» INSTRUCTIONS TO FOLLOW:
Lines below starting with the line with "fn index(word: u32) -> usize" and going on through the line with "The table's number" must be output exactly; the rest of the records must be left out.

<<<<

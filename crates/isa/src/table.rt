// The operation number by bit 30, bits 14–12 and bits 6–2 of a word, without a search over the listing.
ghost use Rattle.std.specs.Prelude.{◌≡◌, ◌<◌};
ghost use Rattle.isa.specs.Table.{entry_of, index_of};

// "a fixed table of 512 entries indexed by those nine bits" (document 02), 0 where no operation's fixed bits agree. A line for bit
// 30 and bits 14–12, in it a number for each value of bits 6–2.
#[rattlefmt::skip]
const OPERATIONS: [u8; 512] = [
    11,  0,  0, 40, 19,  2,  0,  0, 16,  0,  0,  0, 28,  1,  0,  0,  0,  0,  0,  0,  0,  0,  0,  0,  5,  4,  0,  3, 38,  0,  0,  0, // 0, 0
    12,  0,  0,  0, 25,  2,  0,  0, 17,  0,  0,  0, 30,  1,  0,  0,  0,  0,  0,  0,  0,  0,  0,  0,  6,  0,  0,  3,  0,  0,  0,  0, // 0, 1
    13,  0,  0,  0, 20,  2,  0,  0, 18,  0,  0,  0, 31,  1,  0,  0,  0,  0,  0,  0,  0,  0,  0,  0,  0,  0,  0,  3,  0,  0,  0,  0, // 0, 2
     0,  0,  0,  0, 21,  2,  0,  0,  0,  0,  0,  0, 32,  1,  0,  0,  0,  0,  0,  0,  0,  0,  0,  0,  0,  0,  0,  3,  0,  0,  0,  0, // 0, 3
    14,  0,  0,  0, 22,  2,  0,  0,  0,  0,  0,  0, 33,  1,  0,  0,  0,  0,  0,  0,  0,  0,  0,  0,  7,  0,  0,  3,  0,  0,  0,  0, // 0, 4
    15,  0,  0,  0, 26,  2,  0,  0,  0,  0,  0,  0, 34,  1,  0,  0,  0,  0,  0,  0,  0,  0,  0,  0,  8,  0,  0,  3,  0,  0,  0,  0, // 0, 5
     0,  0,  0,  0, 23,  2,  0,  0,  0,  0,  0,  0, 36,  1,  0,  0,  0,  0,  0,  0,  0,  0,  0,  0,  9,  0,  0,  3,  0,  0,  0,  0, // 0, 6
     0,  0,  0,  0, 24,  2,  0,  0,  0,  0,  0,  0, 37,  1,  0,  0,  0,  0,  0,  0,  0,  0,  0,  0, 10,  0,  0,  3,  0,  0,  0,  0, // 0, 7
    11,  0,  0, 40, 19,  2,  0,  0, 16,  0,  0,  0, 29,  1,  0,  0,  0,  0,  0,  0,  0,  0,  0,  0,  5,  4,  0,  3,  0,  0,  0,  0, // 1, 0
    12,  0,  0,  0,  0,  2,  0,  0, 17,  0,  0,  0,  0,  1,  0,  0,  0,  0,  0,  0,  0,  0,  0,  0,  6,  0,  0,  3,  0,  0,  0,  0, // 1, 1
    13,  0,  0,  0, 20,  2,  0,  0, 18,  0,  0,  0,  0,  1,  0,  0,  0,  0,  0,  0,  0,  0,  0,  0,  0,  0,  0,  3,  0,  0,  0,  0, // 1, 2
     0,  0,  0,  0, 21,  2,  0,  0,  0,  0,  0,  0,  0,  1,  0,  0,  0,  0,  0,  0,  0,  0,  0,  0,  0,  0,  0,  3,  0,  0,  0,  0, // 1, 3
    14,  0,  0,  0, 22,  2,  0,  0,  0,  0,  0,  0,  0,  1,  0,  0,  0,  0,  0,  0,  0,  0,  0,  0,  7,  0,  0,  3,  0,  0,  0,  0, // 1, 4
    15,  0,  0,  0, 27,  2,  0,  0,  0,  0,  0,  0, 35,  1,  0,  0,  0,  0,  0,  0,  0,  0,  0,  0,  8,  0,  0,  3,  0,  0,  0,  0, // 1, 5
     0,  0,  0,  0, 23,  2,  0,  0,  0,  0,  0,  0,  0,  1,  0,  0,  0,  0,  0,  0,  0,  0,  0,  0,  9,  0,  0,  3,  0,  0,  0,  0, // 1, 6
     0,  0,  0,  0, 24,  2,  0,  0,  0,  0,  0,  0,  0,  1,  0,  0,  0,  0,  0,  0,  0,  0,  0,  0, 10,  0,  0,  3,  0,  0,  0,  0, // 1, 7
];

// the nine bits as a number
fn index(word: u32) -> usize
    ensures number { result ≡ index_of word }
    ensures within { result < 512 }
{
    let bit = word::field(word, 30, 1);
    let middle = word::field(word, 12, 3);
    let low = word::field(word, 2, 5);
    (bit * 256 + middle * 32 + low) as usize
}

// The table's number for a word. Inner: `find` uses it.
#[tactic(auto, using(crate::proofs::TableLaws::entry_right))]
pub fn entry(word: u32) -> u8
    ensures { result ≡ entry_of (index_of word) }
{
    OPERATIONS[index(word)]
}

>>>>

» EXERCISE RESPONSE:
fn index(word: u32) -> usize
    ensures number { result ≡ index_of word }
    ensures within { result < 512 }
{
    let bit = word::field(word, 30, 1);
    let middle = word::field(word, 12, 3);
    let low = word::field(word, 2, 5);
    (bit * 256 + middle * 32 + low) as usize
}

// The table's number for a word. Inner: `find` uses it.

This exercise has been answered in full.